# Try it
When the line containing "use std::alloc::AllocError;" is reached, include it and end there; set down verbatim every line before it, starting at the top of the records.

# Entries shown
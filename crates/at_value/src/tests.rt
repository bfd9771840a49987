//! Sizes in memory, which no contract says, and each public call once.
mod words;

use crate::{
    Bases, BasesFull, Class, ClassList, Func, Limits, Name, Obj, Op, Pairs, Prop, Sequence, Value,
    sorted,
};
use std::alloc::AllocError;
use std::mem::size_of;

#[test]
fn values_and_operations_are_small(rt: HostRuntime) {
    assert_eq!(rt; size_of::<Value>(), 8);
    assert!(rt; size_of::<Op>() <= 24);
}

#[test]
fn numbers_end_at_their_borders(rt: HostRuntime) {
    assert_eq!(rt; Name::new(4095).map(|name| name.number()), Some(4095));
    assert_eq!(rt; Name::new(4096), None);
    assert_eq!(rt; Class::new(254).map(|class| class.number()), Some(254));
    assert_eq!(rt; Class::new(255), None);
    assert_eq!(rt; Obj::new(4095).map(|object| object.number()), Some(4095));
    assert_eq!(rt; Obj::new(4096), None);
    assert_eq!(rt;
        Func::new(1023).map(|function| function.number()),
        Some(1023)
    );
    assert_eq!(rt; Func::new(1024), None);
}

#[test]
fn the_special_names_come_first(rt: HostRuntime) {
    assert_eq!(rt; Name::descriptor_get().number(), 0);
    assert_eq!(rt; Name::descriptor_set().number(), 1);
    assert_eq!(rt; Name::descriptor_delete().number(), 2);
    assert_eq!(rt; Name::getattr().number(), 3);
    assert_eq!(rt; Name::init().number(), 4);
}

#[test]
fn a_property_gives_its_parts(rt: HostRuntime) {
    let last = Func::new(1023);
    let property = Prop::new(Func::new(0), None, last);
    assert_eq!(rt; property.get(), Func::new(0));
    assert_eq!(rt; property.set(), None);
    assert_eq!(rt; property.del(), last);
}

#[test]
fn a_class_has_eight_bases_at_most(rt: HostRuntime) {
    assert!(rt; Bases::none().is_empty());
    let mut bases = Bases::only(Class::object());
    for n in 1..8u16 {
        let class = Class::new(n).unwrap_or(Class::object());
        assert_eq!(rt; bases.push(class), Ok(()));
    }
    assert_eq!(rt; bases.push(Class::object()), Err(BasesFull));
    assert_eq!(rt; bases.len(), 8);
    assert_eq!(rt; bases.at(7), Class::new(7));
    assert_eq!(rt; bases.at(8), None);
    assert_eq!(rt; bases.as_slice().first().copied(), Some(Class::object()));
}

#[test]
fn a_list_of_classes_gives_them_back(rt: HostRuntime) -> Result<(), AllocError> {
    let last = Class::new(254).unwrap_or(Class::object());
    let list = ClassList::copy_of(rt.alloc(), &[last, Class::object()])?;
    assert_eq!(rt; list.len(), 2);
    assert!(rt; !list.is_empty());
    assert_eq!(rt; list.at(0), Some(last));
    assert_eq!(rt; list.at(1), Some(Class::object()));
    assert_eq!(rt; list.at(2), None);
    let list = ClassList::of_numbers(rt.alloc(), &[0, 254])?.copy(rt.alloc())?;
    assert_eq!(rt; list.at(1), Some(last));
    Ok(())
}

#[test]
fn a_sequence_gives_its_items_back(rt: HostRuntime) -> Result<(), AllocError> {
    let items = Sequence::of(vec![in rt.alloc(); 3u16, 1, 2]?);
    assert_eq!(rt; items.len(), 3);
    assert!(rt; !items.is_empty());
    assert_eq!(rt; items.at(2).copied(), Some(2));
    assert_eq!(rt; items.at(3).copied(), None);
    assert_eq!(rt; items.items().first().copied(), Some(3));
    Ok(())
}

#[test]
fn a_map_keeps_its_names_rising(rt: HostRuntime) -> Result<(), AllocError> {
    let mut map = Pairs::new(rt.alloc());
    assert!(rt; map.is_empty());
    map.put(Name::getattr(), Value::Int(3))?;
    map.put(Name::descriptor_get(), Value::Int(0))?;
    map.put(Name::init(), Value::Int(4))?;
    map.put(Name::getattr(), Value::Nothing)?;
    assert_eq!(rt; map.len(), 3);
    assert_eq!(rt; map.at(0), Some((Name::descriptor_get(), Value::Int(0))));
    assert_eq!(rt; map.at(1), Some((Name::getattr(), Value::Nothing)));
    assert_eq!(rt; map.at(3), None);
    assert_eq!(rt; map.get(Name::init()), Some(Value::Int(4)));
    assert_eq!(rt; map.get(Name::descriptor_set()), None);
    assert_eq!(rt; map.cut(Name::getattr()), Some(Value::Nothing));
    assert_eq!(rt; map.cut(Name::getattr()), None);
    assert_eq!(rt; map.get(Name::getattr()), None);
    let copy = map.copy(rt.alloc())?;
    map.cut(Name::init());
    assert_eq!(rt; map.len(), 1);
    assert_eq!(rt; copy.len(), 2);
    Pairs::map_laws();
    Ok(())
}

#[test]
fn a_vector_of_pairs_is_a_map_too(rt: HostRuntime) -> Result<(), AllocError> {
    let mut pairs = vec![in rt.alloc(); (Name::descriptor_set(), Value::Int(1))]?;
    assert_eq!(rt; sorted::place_of(Name::descriptor_delete(), &pairs), 1);
    sorted::put(Name::init(), Value::Int(4), &mut pairs)?;
    assert_eq!(rt; sorted::get(Name::init(), &pairs), Some(Value::Int(4)));
    assert_eq!(rt;
        sorted::cut(Name::descriptor_set(), &mut pairs),
        Some(Value::Int(1))
    );
    assert_eq!(rt; Pairs::of(pairs).len(), 1);
    Ok(())
}

#[test]
fn the_limits_of_the_program_are_the_widest(rt: HostRuntime) {
    let limits = Limits::program();
    assert_eq!(rt; limits.place_max, 4_294_967_295);
    assert_eq!(rt; limits.head_max, 1_099_511_627_774);
    assert_eq!(rt; limits.tags, 1_023);
}
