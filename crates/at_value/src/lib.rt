//! The vocabulary of the data model: numbers of names, classes, objects and functions, values, operations and replies,
//! the words of values and operations, and the short lists and the map that they stand in.
#![tactic(auto)]

mod bits;
mod limits;
mod list;
mod number;
mod operation;
mod packing;
mod pairs;
mod reply;
mod sequence;
pub mod sorted;
#[cfg(test)]
mod tests;
mod value;
mod word;

pub use limits::{Limits, PASSES};
pub use list::{Bases, BasesFull, ClassList};
pub use number::{Class, Func, Name, Obj};
pub use operation::Op;
pub use packing::{pack, packing_laws, unpack};
pub use pairs::Pairs;
pub use reply::{Answer, HookKind, Miss, Path, Place, Reply};
pub use sequence::Sequence;
pub use value::{Prop, Value};
pub use word::{from_word, to_word, word_laws};
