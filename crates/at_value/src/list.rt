//! Short lists of classes. Contracts see each as the list of the classes' numbers.
ghost use Rattle.std.specs.Prelude.{◌≡◌, ◌<◌, ◌≤◌, ℕ, List, [], ◌∷◌, ◌++◌, length, IfOk, IsOk, IsTrue, ◌↔◌, OnOk};
ghost use Rattle.std.specs.Prelude.{OnErr, slice_get};
ghost use Rattle.at_value.specs.Classes.{AreClasses};
ghost use Rattle.at_value.specs.Widths.{most_bases};

use crate::number::Class;
use std::alloc::{AllocError, Global};
use std::error::Error;
use std::fmt;
use std::marker::Model;

/// The answer to a ninth base.
#[derive(Clone, Copy, Debug, PartialEq, Eq)]
pub struct BasesFull;

impl fmt::Display for BasesFull {
    fn fmt<W: fmt::Write>(&self, f: &mut fmt::Formatter<W>) -> fmt::Result {
        write!(f, "a class has at most eight bases")
    }
}

impl Error for BasesFull {}

/// The bases of a class: at most eight classes, in order. Unused cells hold class 0.
#[derive(Clone, Copy, Debug, PartialEq, Eq)]
pub struct Bases {
    items: [Class; Bases::MOST],
    len: u8,
}

impl Model for Bases {
    ghost use Rattle.std.specs.Prelude.{List, ℕ, length, take};

    ghost Value = { List ℕ };

    ghost use Rattle.at_value.specs.Lists.{AreCells, cells_of, cells_again};

    ghost view = { λ b. take b.len b.items };

    ghost invariant = { λ b. AreCells b.len b.items };

    ghost inverse = { λ list. record { items = cells_of list; len = length list } };

    ghost inverse_ok = { cells_again };
}

impl Bases {
    /// How many bases a class may have.
    pub const MOST: usize = 8;

    /// No base.
    pub fn none() -> Bases
        ensures { result ≡ [] }
    {
        Bases {
            items: [Class::object(); Self::MOST],
            len: 0,
        }
    }

    /// The one base c.
    pub fn only(c: Class) -> Bases
        ensures { result ≡ c ∷ [] }
    {
        let mut bases = Bases::none();
        let _ = bases.push(c);
        bases
    }

    /// Adds a class at the end. It answers `BasesFull` exactly where eight stand, and then nothing changes.
    pub fn push(&mut self, c: Class) -> Result<(), BasesFull>
        ensures ok { OnOk result ((length self.old < most_bases) × (self.new ≡ self.old ++ c ∷ [])) }
        ensures full { OnErr result ((length self.old ≡ most_bases) × (self.new ≡ self.old)) }
    {
        let at = usize::from(self.len);
        if at == Self::MOST {
            return Err(BasesFull);
        }
        self.items[at] = c;
        self.len += 1;
        Ok(())
    }

    /// How many bases there are, at most eight.
    pub fn len(&self) -> usize
        ensures same { result ≡ length self.now }
        ensures most { result ≤ most_bases }
    {
        usize::from(self.len)
    }

    /// Whether there is no base.
    pub fn is_empty(&self) -> bool
        ensures { IsTrue result ↔ (self.now ≡ []) }
    {
        self.len == 0
    }

    /// The bases, in order.
    pub fn as_slice(&self) -> &[Class]
        ensures { result.now ≡ self.now }
    {
        &self.items[..usize::from(self.len)]
    }

    /// The base at this index, and none exactly from the length on.
    pub fn at(&self, i: usize) -> Option<Class>
        ensures { result ≡ slice_get self.now i }
    {
        self.as_slice().get(i).copied()
    }
}

/// A list of classes of any length, one byte each.
#[derive(Drop, Debug)]
pub struct ClassList {
    items: Vec<u8>,
}

impl Model for ClassList {
    ghost use Rattle.std.specs.Prelude.{List, ℕ};

    ghost Value = { List ℕ };

    ghost use Rattle.at_value.specs.Classes.{AreClasses};

    ghost view = { λ l. l.items.items };

    ghost invariant = { λ l. AreClasses l.items.items };
}

impl ClassList {
    /// A list of these classes. The empty list takes no memory.
    pub fn copy_of(alloc: Global, list: &[Class]) -> Result<ClassList, AllocError>
        ensures copied { IfOk result (λ copy. copy ≡ list.now) }
        ensures empty { list.now ≡ [] → IsOk result }
    {
        let mut items = Vec::with_capacity(alloc, list.len())?;
        for class in list {
            items.push_reserved(class.number() as u8);
        }
        Ok(ClassList { items })
    }

    /// A list of its own of the same classes. The empty list takes no memory.
    pub fn copy(&self, alloc: Global) -> Result<ClassList, AllocError>
        ensures copied { IfOk result (λ copy. copy ≡ self.now) }
        ensures empty { self.now ≡ [] → IsOk result }
    {
        let mut items = Vec::with_capacity(alloc, self.items.len())?;
        items.extend_from_slice(&self.items)?;
        Ok(ClassList { items })
    }

    /// The list of the classes with these numbers. The empty list takes no memory.
    pub fn of_numbers(alloc: Global, numbers: &[u16]) -> Result<ClassList, AllocError>
        requires { AreClasses numbers.now }
        ensures copied { IfOk result (λ list. list ≡ numbers.now) }
        ensures empty { numbers.now ≡ [] → IsOk result }
    {
        let mut items = Vec::with_capacity(alloc, numbers.len())?;
        for i in 0..numbers.len() {
            items.push_reserved(numbers[i] as u8);
        }
        Ok(ClassList { items })
    }

    /// How many classes there are.
    pub fn len(&self) -> usize
        ensures { result ≡ length self.now }
    {
        self.items.len()
    }

    /// Whether there is no class.
    pub fn is_empty(&self) -> bool
        ensures { IsTrue result ↔ (self.now ≡ []) }
    {
        self.items.is_empty()
    }

    /// The class at this index, and none exactly from the length on.
    pub fn at(&self, i: usize) -> Option<Class>
        ensures { result ≡ slice_get self.now i }
    {
        match self.items.get(i) {
            Some(number) => Class::new(u16::from(*number)),
            None => None,
        }
    }
}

# Exercise result
filename crates/at_value/src/tests.rt
repository bfd9771840a49987
//! Sizes in memory, which no contract says, and each public call once.
mod words;

use crate::{
    Bases, BasesFull, Class, ClassList, Func, Limits, Name, Obj, Op, Pairs, Prop, Sequence, Value,
    sorted,
};
use std::alloc::AllocError;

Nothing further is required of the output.